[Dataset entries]
____

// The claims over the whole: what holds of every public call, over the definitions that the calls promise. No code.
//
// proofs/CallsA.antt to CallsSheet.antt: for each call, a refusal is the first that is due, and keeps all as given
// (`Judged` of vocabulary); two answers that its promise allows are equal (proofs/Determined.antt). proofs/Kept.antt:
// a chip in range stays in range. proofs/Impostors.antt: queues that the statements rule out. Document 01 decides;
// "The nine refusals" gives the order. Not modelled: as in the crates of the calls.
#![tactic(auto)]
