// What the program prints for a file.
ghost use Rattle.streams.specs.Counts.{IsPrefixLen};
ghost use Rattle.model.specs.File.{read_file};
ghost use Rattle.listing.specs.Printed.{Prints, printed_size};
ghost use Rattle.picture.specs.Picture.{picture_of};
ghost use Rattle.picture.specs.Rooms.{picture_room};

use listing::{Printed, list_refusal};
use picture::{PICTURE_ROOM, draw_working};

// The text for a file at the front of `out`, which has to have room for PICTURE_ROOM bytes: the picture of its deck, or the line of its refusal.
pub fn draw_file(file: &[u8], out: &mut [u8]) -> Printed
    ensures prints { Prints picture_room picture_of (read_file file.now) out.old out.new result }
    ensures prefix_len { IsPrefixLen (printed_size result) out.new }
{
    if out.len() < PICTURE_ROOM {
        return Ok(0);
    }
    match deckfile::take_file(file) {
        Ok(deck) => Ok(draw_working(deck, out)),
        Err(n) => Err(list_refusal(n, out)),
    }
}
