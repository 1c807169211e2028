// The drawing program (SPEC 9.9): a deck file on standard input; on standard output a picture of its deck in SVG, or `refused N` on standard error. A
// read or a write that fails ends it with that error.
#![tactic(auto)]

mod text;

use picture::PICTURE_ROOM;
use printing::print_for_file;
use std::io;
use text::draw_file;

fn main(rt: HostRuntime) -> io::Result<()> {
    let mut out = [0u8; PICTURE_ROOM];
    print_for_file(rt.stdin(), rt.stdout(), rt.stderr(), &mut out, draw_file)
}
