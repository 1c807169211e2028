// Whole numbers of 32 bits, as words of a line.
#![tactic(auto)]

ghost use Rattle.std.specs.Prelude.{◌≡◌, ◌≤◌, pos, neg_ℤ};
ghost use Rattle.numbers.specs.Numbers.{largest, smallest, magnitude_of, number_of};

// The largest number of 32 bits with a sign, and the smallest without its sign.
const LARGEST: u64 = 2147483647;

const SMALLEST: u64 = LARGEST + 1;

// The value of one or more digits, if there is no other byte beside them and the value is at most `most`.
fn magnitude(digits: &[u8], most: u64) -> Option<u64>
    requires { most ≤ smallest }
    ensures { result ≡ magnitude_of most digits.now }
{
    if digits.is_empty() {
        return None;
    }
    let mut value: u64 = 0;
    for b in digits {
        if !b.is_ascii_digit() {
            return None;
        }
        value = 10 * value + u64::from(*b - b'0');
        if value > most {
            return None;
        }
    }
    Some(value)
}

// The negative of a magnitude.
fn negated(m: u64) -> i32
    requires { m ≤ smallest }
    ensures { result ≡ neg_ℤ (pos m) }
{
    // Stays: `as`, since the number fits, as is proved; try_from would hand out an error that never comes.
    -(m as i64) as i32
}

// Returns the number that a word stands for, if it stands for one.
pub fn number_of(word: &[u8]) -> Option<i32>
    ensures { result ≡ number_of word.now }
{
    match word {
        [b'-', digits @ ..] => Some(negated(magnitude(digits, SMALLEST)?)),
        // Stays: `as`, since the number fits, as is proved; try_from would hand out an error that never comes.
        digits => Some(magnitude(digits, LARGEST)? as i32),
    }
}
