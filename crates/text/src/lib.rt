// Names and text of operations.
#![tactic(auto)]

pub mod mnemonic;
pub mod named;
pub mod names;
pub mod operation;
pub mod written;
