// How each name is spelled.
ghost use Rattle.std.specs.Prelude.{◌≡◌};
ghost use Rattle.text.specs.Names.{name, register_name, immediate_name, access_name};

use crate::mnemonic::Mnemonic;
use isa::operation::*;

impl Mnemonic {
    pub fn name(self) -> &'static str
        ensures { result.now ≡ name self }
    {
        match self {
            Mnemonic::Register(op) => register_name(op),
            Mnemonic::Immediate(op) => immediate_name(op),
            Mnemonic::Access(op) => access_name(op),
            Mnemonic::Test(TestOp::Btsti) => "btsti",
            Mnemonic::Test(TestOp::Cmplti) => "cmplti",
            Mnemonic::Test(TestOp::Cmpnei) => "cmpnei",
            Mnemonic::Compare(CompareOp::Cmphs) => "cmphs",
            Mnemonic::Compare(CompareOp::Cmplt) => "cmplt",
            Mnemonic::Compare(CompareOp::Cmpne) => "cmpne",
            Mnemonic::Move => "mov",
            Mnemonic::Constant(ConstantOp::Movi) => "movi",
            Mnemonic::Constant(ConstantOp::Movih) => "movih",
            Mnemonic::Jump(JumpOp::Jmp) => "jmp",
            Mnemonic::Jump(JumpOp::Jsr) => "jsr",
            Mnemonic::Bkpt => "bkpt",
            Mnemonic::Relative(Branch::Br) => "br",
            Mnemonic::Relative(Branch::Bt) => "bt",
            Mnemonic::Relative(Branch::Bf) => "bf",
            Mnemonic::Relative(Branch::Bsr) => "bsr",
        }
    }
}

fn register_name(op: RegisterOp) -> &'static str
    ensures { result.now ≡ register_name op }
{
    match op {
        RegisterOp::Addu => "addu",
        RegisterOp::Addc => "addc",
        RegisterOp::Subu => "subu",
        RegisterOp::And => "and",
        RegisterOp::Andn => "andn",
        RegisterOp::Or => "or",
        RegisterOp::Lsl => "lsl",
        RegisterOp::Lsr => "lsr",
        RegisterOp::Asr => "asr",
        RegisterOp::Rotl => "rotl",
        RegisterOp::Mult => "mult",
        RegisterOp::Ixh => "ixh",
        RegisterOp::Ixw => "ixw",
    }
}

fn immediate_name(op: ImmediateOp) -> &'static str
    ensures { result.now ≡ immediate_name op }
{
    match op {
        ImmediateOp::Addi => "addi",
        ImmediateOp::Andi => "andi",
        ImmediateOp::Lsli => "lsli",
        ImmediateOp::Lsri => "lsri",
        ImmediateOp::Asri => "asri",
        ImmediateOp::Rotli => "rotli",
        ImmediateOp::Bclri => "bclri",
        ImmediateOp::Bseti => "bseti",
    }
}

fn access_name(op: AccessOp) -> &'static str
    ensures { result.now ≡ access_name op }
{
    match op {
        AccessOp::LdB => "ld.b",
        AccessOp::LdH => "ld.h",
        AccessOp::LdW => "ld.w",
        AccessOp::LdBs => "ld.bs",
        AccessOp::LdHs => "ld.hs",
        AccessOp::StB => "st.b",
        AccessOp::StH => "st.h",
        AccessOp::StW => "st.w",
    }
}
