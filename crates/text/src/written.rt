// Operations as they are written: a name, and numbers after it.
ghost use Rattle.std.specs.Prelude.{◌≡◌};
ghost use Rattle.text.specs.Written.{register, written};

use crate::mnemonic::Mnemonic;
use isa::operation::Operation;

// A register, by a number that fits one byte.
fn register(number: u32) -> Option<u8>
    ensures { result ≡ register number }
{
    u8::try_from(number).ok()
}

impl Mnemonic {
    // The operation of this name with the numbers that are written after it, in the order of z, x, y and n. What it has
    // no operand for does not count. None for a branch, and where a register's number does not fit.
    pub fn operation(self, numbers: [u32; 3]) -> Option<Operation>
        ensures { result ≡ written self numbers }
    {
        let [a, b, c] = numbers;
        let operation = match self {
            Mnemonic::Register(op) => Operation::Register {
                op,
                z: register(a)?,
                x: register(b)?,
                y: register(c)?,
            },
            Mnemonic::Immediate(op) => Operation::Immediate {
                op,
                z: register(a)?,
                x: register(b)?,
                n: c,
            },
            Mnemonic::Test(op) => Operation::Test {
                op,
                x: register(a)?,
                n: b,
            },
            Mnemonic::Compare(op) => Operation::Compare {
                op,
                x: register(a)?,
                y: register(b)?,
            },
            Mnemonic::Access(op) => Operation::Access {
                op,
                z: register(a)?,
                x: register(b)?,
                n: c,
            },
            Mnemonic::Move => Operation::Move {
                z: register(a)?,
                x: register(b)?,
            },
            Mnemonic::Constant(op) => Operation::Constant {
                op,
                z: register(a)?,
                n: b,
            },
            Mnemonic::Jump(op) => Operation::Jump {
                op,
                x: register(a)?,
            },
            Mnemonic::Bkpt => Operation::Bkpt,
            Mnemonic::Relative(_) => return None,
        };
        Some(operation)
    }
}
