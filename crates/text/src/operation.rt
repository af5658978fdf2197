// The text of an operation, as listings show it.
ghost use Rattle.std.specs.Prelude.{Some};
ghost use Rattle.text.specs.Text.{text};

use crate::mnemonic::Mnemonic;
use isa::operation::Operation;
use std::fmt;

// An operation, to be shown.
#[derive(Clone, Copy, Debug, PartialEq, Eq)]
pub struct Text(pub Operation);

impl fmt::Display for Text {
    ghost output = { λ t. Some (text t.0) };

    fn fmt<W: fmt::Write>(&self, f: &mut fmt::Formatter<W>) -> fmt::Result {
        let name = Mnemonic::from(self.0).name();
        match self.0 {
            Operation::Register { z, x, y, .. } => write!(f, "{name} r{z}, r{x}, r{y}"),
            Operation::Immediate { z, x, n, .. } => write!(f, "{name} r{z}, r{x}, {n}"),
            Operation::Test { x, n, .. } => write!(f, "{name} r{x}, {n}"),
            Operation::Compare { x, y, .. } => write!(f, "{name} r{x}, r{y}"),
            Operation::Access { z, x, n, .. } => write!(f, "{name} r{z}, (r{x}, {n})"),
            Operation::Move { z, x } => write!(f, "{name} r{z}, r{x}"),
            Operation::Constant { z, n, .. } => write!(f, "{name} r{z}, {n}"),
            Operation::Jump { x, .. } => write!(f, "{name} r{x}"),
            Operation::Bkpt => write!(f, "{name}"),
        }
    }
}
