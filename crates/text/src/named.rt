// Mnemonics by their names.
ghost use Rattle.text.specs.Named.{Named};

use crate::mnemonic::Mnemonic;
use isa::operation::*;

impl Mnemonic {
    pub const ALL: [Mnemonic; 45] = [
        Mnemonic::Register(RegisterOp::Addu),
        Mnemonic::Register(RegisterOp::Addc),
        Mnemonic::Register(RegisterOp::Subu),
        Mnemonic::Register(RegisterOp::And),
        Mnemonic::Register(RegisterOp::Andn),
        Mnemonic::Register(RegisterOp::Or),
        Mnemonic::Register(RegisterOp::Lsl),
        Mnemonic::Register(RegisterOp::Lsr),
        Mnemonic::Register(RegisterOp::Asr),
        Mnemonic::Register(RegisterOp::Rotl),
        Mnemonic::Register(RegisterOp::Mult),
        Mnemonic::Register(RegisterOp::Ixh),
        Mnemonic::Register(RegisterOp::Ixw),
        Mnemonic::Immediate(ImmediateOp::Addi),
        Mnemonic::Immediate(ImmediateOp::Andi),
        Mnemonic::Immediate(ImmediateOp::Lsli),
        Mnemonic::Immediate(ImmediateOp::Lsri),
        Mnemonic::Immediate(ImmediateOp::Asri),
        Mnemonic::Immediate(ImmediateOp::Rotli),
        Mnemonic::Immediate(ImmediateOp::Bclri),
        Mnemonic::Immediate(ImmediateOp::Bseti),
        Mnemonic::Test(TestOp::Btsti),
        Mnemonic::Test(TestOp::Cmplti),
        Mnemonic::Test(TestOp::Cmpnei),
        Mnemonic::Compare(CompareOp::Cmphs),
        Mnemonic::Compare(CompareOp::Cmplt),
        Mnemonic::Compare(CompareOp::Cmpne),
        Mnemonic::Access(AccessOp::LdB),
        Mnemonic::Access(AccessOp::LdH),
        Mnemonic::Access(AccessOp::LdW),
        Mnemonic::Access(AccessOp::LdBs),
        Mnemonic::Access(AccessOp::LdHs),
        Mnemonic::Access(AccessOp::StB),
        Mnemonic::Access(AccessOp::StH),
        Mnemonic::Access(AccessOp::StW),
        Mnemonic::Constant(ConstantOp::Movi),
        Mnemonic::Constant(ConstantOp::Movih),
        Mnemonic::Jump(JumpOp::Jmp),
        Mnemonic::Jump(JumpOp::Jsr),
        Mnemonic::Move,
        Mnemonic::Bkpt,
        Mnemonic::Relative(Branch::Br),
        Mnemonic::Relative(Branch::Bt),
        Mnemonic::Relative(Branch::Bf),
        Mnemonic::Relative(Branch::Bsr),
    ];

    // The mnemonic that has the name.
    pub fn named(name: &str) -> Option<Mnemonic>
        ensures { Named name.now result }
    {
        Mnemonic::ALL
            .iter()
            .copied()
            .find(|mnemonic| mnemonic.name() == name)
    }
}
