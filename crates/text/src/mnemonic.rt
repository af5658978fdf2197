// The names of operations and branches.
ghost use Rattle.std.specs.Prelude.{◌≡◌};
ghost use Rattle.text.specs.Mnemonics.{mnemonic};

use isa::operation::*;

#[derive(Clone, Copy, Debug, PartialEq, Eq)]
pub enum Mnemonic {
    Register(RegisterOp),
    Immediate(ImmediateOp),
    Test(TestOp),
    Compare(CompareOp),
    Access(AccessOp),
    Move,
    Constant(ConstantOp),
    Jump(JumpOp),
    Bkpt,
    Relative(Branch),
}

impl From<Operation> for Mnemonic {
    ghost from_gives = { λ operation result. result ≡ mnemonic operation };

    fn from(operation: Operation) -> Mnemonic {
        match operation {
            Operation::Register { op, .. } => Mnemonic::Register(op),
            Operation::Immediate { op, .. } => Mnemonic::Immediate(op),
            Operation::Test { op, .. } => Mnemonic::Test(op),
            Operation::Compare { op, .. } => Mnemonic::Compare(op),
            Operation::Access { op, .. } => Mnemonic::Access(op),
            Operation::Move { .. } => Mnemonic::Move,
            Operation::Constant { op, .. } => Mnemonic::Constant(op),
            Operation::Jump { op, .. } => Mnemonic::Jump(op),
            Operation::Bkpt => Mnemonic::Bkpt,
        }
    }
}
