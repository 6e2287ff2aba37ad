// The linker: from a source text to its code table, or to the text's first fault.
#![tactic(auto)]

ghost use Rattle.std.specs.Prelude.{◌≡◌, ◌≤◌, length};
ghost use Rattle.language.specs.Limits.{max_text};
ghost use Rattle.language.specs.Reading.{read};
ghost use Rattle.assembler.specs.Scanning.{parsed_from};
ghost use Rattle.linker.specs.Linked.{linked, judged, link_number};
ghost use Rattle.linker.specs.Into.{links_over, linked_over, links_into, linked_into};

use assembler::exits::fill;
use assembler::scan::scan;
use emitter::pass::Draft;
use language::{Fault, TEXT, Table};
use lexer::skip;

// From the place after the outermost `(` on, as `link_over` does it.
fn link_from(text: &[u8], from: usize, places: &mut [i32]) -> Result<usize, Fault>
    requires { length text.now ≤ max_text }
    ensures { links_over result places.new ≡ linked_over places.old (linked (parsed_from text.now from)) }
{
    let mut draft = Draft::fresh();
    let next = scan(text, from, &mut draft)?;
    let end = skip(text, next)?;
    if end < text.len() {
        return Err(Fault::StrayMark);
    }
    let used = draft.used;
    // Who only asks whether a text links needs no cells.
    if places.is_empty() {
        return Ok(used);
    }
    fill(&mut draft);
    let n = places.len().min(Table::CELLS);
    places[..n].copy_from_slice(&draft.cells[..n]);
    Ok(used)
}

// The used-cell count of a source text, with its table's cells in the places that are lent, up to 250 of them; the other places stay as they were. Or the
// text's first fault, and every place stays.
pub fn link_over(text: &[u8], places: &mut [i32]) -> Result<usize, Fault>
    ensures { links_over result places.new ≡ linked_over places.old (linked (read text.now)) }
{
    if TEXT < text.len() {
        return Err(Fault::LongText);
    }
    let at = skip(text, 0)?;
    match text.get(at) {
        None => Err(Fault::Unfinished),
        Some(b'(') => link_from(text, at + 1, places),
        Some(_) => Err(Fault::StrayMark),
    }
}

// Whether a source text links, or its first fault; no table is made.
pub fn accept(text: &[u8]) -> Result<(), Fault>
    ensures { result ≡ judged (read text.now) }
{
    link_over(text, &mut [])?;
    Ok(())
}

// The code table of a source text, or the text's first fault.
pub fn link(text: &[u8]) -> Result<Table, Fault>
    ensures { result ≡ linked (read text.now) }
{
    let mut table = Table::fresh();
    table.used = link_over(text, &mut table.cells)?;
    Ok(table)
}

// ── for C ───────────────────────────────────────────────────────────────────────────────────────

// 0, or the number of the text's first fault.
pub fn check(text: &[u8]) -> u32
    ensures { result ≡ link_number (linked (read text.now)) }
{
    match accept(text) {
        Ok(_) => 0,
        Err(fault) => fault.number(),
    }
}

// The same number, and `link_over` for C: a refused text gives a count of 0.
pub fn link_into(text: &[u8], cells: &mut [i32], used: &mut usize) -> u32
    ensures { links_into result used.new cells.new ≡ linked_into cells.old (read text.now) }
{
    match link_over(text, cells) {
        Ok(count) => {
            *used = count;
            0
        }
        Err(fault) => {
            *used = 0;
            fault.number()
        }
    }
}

____

**What you should do**.
A complete answer lists each line of the data that holds the word "fresh".

**Task output**.
    let mut draft = Draft::fresh();
    let mut table = Table::fresh();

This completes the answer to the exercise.